A Milano abbiamo mangiato un hamburger pugliese con Angus italiano

03/07/2019
By Alessio D'aguanno
A Milano abbiamo mangiato un hamburger pugliese con Angus italiano

Negli ultimi anni il fenomeno dello street food ha visto proliferare sempre più trucker incentrati sulla qualità del prodotto, come Il Carrettino

a cura di Alessio D’Aguanno

 

L’Italia è sempre stata terra di cibo da strada. Da secoli ogni regione ha il proprio – se non più di uno - che porta alto il nome della stessa a livello nazionale e all’estero. Arancini, olive ascolane, arrosticini, pucce e piadine sono solo alcuni degli esempi della sterminata mappa.

Il fenomeno, però, non è mai veramente decollato al di fuori dei propri confini: è sempre stato appannaggio degli abitanti locali e dei turisti. Nel 2014 To Business Agency, un’agenzia torinese, ha importato in Italia il format californiano degli eventi street food. Grandi piazze affollate da fiumi di gente e decine e decine di specialità gastronomiche da poter assaggiare. Da lì in poi è scoppiata la tendenza del cibo di strada e dei truckers, che sono cresciuti a dismisura.

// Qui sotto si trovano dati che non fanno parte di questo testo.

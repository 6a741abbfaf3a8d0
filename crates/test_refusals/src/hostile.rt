//! Listings and sizes where a text is none, or a read, a write or a growth fails.
use crate::failing::{leaves_beginnings, with_failing_read};
use crate::program::prints;
use crate::refused_tasks::is_refused_in_turn;
use pci_dump::std_streams::{Incoming, Outgoing};
use pciplan_tasks::run::run;
use pciplan_tasks::task::Task;
use std::alloc::{AllocError, Global};
use std::test::Fail;
use test_support::board::{Texts, bridge, device, list_at, texts_of};
use test_support::fakes::Narrow;

/// Three functions with a line of each sort.
fn example(alloc: Global) -> Result<Texts, AllocError> {
    let bar_and_rom = [(0x10, 0xe000_0000, 0xfff0_0000), (0x30, 0, 0xffff_0000)];
    texts_of(
        alloc,
        &[
            bridge("00:01.0", 0, (0, 1, 1), &[]),
            device("00:02.0", 0, &bar_and_rom),
            list_at("00:03.0", 0x40).bytes(0x40, &[0x09]),
        ],
    )
}

#[test]
fn a_text_that_is_none_has_its_message(rt: HostRuntime) -> Result<(), Fail> {
    let good = example(rt.alloc())?;
    let (dump, probe) = (good.dump.as_str(), good.probe.as_str());
    let cut = dump.len().saturating_sub(100);
    let short = dump.get(..cut).unwrap_or("");
    let other = probe.get(..cut).unwrap_or("");
    for (dump, probe, message) in [
        ("00:20.0\n", probe, "pciplan: dump: 3 BadSlot 1\n"),
        ("00:01.0 \n", probe, "pciplan: dump: 4 BadTitle 1\n"),
        ("00:01.0\n00: G", probe, "pciplan: dump: 5 BadLine 2\n"),
        (short, probe, "pciplan: dump: 9 Ended 52\n"),
        (short, "G", "pciplan: dump: 9 Ended 52\n"),
        (dump, other, "pciplan: probe: 9 Ended 52\n"),
        (dump, "G", "pciplan: probe: 3 BadSlot 1\n"),
    ] {
        prints(
            rt.alloc(),
            &["show", "d", "p"],
            (dump, probe),
            ("", message, 2),
        )?;
    }
    Ok(())
}

#[test]
fn each_read_that_fails_ends_with_status_4(rt: HostRuntime) -> Result<(), Fail> {
    let example = example(rt.alloc())?;
    let mut failed = 0u64;
    for at in 1..20u64 {
        for (dump_fails, probe_fails, message) in [
            (at, 0, b"pciplan: dump: 1 Io\n".as_slice()),
            (0, at, b"pciplan: probe: 1 Io\n".as_slice()),
        ] {
            let got = with_failing_read(rt.alloc(), &Task::Show, &example, dump_fails, probe_fails);
            if got.status == 4 {
                failed = failed.max(dump_fails);
                assert!(rt; got.out.is_empty(), "{at}");
                assert!(rt; got.err.as_slice() == message, "{at}");
            } else {
                assert_eq!(rt; got.status, 0, "{at}");
            }
        }
    }
    assert!(rt; 4 < failed && failed < 19, "{failed}");
    Ok(())
}

#[test]
fn a_writer_that_fails_holds_a_beginning(rt: HostRuntime) -> Result<(), Fail> {
    let example = example(rt.alloc())?;
    for task in [Task::Show, Task::Size] {
        leaves_beginnings(rt.alloc(), &task, &example, 7, &[0, 1, 100, 300])?;
    }
    Ok(())
}

#[test]
fn a_message_that_cannot_be_written_changes_no_status(rt: HostRuntime) -> Result<(), Fail> {
    let mut writer = Narrow {
        taken: Vec::new(rt.alloc()),
        room: 12,
        step: 5,
        fails: true,
    };
    let mut out = Vec::new(rt.alloc());
    let status = run(
        rt.alloc(),
        &Task::Show,
        &mut Incoming::new(b"G".as_slice()),
        &mut Incoming::new(b"".as_slice()),
        &mut Outgoing::new(&mut out),
        &mut Outgoing::new(&mut writer),
    );
    assert_eq!(rt; status, 2);
    assert!(rt; out.is_empty());
    assert!(rt; writer.taken.as_slice() == b"pciplan: dum".as_slice());
    Ok(())
}

#[test]
fn a_refused_growth_writes_nothing(rt: HostRuntime) -> Result<(), Fail> {
    let example = example(rt.alloc())?;
    for task in [Task::Show, Task::Size] {
        assert!(rt; is_refused_in_turn(rt.alloc(), &task, &example));
    }
    Ok(())
}
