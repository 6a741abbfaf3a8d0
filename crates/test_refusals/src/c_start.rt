//! What a plan starts from, where a growth is refused, the array is short, or the dump is no text.
use crate::c_plan::{MANY, NONE};
use crate::c_texts::old_pair;
use pci_dump::read_fault::ReadFault;
use pciplan_c::starting::{NoStart, start_into};
use std::alloc::Global;
use std::test::Fail;
use test_support::refusing::Refusing;

/// More registers than the board has that are compared.
const ROOM: usize = 96;

/// Whether the registers of a dump are put as a whole, and each growth that is refused leaves the array as it was.
fn are_put_or_refused(alloc: Global, dump: &[u8], fault: Option<NoStart>) -> bool {
    let heap = Refusing::new(alloc);
    let mut whole = [NONE; ROOM];
    let answer = start_into(alloc, dump, &mut whole);
    if answer.err() != fault {
        return false;
    }
    for n in 1..MANY {
        heap.refuse(n);
        let mut put = [NONE; ROOM];
        let answered = start_into(&heap, dump, &mut put);
        if heap.is_due() {
            return 1 < n && answered == answer && put == whole;
        }
        if answered != Err(NoStart::Memory) || put != [NONE; ROOM] {
            return false;
        }
    }
    false
}

#[test]
fn a_start_that_is_refused_a_growth_says_just_that(rt: HostRuntime) -> Result<(), Fail> {
    let old = old_pair(rt.alloc())?;
    let dump = old.dump.as_bytes();
    let cut = &dump[..dump.len().saturating_sub(1)];
    let ended = NoStart::Dump(ReadFault::Ended(198));
    assert!(rt; are_put_or_refused(rt.alloc(), dump, None));
    assert!(rt; are_put_or_refused(rt.alloc(), cut, Some(ended)));
    Ok(())
}

/// Whether an array that is short by one is left as it was, and so many registers are said to be needed.
fn is_short_by_one(alloc: Global, dump: &[u8]) -> bool {
    let mut whole = [NONE; ROOM];
    let Ok(count) = start_into(alloc, dump, &mut whole) else {
        return false;
    };
    if count == 0 || ROOM < count || whole[count..].iter().any(|register| *register != NONE) {
        return false;
    }
    let mut put = [NONE; ROOM];
    let answered = start_into(alloc, dump, &mut put[..count - 1]);
    answered == Err(NoStart::Registers(count)) && put == [NONE; ROOM]
}

#[test]
fn a_start_without_room_leaves_the_array_as_it_was(rt: HostRuntime) -> Result<(), Fail> {
    let old = old_pair(rt.alloc())?;
    assert!(rt; is_short_by_one(rt.alloc(), old.dump.as_bytes()));
    Ok(())
}
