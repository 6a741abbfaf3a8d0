//! Maps where a read, a write or a growth fails.
use crate::on_boards::{Made, is_cut_off, is_printed, is_refused, is_unread};
use pci_base::range::{Range, RootRange};
use pci_model::words::{VgaWord, Words};
use pci_tree::roots::Roots;
use pciplan_tasks::task::{Also, Beside, HostLists, Task};
use std::alloc::Global;
use std::test::Fail;
use test_support::row::Row;
use test_support::row::Row::{Bridge, Device};

/// A map of functions that are taken as they are, or by words.
fn task_by(alloc: Global, words: Option<Words>) -> Made {
    Ok(Task::Map {
        beside: Beside {
            roots: Roots::host(),
            words,
            host: HostLists {
                io: None,
                mem: None,
            },
            also: Also::nothing(alloc),
        },
    })
}

/// A map of functions that are taken as they are.
fn task(alloc: Global) -> Made {
    task_by(alloc, None)
}

/// A map with what the host sends of memory.
fn task_sent(alloc: Global) -> Made {
    let mut sent = Vec::new(alloc);
    sent.push(RootRange {
        root: None,
        range: Range {
            first: 0xe000_0800,
            last: 0xe0ff_ffff,
        },
    })?;
    Ok(Task::Map {
        beside: Beside {
            roots: Roots::host(),
            words: None,
            host: HostLists {
                io: None,
                mem: Some(sent),
            },
            also: Also::nothing(alloc),
        },
    })
}

/// Windows in a window, a BAR in the inner one, a BAR and a window that no window holds, and a BAR that is off.
const MAPPED: &[Row] = &[
    Bridge("00:01.0", 2, (0, 1, 2), &[(0x20, 0xe010_e000, 0xfff0_fff0)]),
    Bridge(
        "01:00.0",
        2,
        (1, 2, 2),
        &[
            (0x20, 0xe000_e000, 0xfff0_fff0),
            (0x24, 0xf000_f000, 0xfff0_fff0),
        ],
    ),
    Device("01:01.0", 1, &[(0x10, 0x0000_1001, 0xffff_ffe1)]),
    Device("02:00.0", 2, &[(0x10, 0xe000_0000, 0xffff_f000)]),
    Device("02:01.0", 0, &[(0x10, 0xe000_1000, 0xffff_f000)]),
];

/// What is printed of it.
const MAP: &str = "bus 00 mem
  00000000e0000000-00000000e01fffff 2M window 00:01.0 20
    00000000e0000000-00000000e00fffff 1M window 01:00.0 20
      00000000e0000000-00000000e0000fff 4K bar 02:00.0 10
      00000000e0001000-00000000e00fffff 1020K free
    00000000e0100000-00000000e01fffff 1M free
unreached
  00000000f0000000-00000000f00fffff 1M window 01:00.0 24
  00001000-0000101f 32 bar 01:01.0 10
off
  00000000e0001000-00000000e0001fff 4K bar 02:01.0 10
";

/// All words there are.
const WORDS: Words = Words {
    cardbus: true,
    ide: true,
    isa: true,
    power: true,
    reset: true,
    snoop: true,
    subtractive: true,
    unclaimed: true,
    unnumbered: true,
    vga: Some(VgaWord::Vga),
    windows: true,
};

#[test]
fn a_map_is_printed(rt: HostRuntime) -> Result<(), Fail> {
    is_printed(
        rt.alloc(),
        &["map", "d", "p", "--model", "power"],
        MAPPED,
        MAP,
    )
}

#[test]
fn a_map_that_is_refused_a_growth_says_just_that(rt: HostRuntime) -> Result<(), Fail> {
    is_refused(rt.alloc(), task(rt.alloc()), MAPPED)
}

#[test]
fn so_does_one_by_words(rt: HostRuntime) -> Result<(), Fail> {
    is_refused(rt.alloc(), task_by(rt.alloc(), Some(WORDS)), MAPPED)
}

/// A bridge that takes what no region of its bus claims, with a palette part, above a BAR that its window doesn't hold.
const TAKEN: &[Row] = &[
    Bridge("00:1e.0", 0x23, (0, 1, 1), &[(0x08, 0x0604_0100, 0)]),
    Device("01:00.0", 2, &[(0x10, 0xe000_0000, 0xffff_f000)]),
];

#[test]
fn so_does_one_of_what_a_bridge_takes(rt: HostRuntime) -> Result<(), Fail> {
    is_refused(rt.alloc(), task_by(rt.alloc(), Some(WORDS)), TAKEN)
}

#[test]
fn so_does_one_of_what_the_host_sends(rt: HostRuntime) -> Result<(), Fail> {
    is_refused(rt.alloc(), task_sent(rt.alloc()), MAPPED)
}

#[test]
fn so_does_one_of_what_is_not_admitted(rt: HostRuntime) -> Result<(), Fail> {
    is_refused(rt.alloc(), task(rt.alloc()), &[Device("01:00.0", 0, &[])])
}

#[test]
fn a_writer_that_fails_holds_a_beginning_of_the_map(rt: HostRuntime) -> Result<(), Fail> {
    is_cut_off(rt.alloc(), task(rt.alloc()), MAPPED, 7, &[0, 1, 100, 300])
}

#[test]
fn a_read_that_fails_leaves_no_map(rt: HostRuntime) -> Result<(), Fail> {
    is_unread(rt.alloc(), task(rt.alloc()), MAPPED, 0)
}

In uno degli eventi itineranti che hanno focalizzato maggiormente l’attenzione sulla qualità della proposta, lo STREEAT - Food Truck Festival a Milano, ci siamo imbattuti in diverse proposte piuttosto accattivanti, fra le quali ha avuto la meglio Il Carrettino – Street Food.

Originari di Sogliano Cavour, in provincia di Lecce, i ragazzi hanno deciso di prendere un prodotto – il panino – e di elevarlo sul piedistallo del gusto ricercato.

Il risultato è una buona scelta di hamburger a base di angus italiano, più precisamente veneto. Il fornitore è Pantano Carni, un’azienda che ne gestisce anche l’intera filiera.

Ad abbinamenti più tradizionali – vedi il Classico con insalata, pomodoro, maionese e ketchup e il Cheeseburger con scamorza affumicata – si affiancano alcune proposte decisamente più interessanti. Il Mortazza con zucchine marinate, mortadella di Bologna, fonduta di pecorino romano e granella di pistacchio, lo Strafico con crema di burrata, pomodori secchi sott’olio, fichi freschi e confettura di stagione, e il Pugliese, quello da noi ordinato. La ricetta è un omaggio alla terra dei trulli – si vedano le cime di rapa e il cacio-ricotta – con due divagazioni oltre confine: la crème fraîche al pesto genovese e la cipolla disidratata fritta. Il complesso equilibrio dei sapori è piacevolissimo. Il buonissimo bun senza semi di sesamo racchiude un hamburger di carne nostrano accompagnato dall’amarezza della verdura, dalla croccantezza della cipolla, dalla grassezza sapida della cacio-ricotta e dall’acidità della crema, una nota insolita in un panino.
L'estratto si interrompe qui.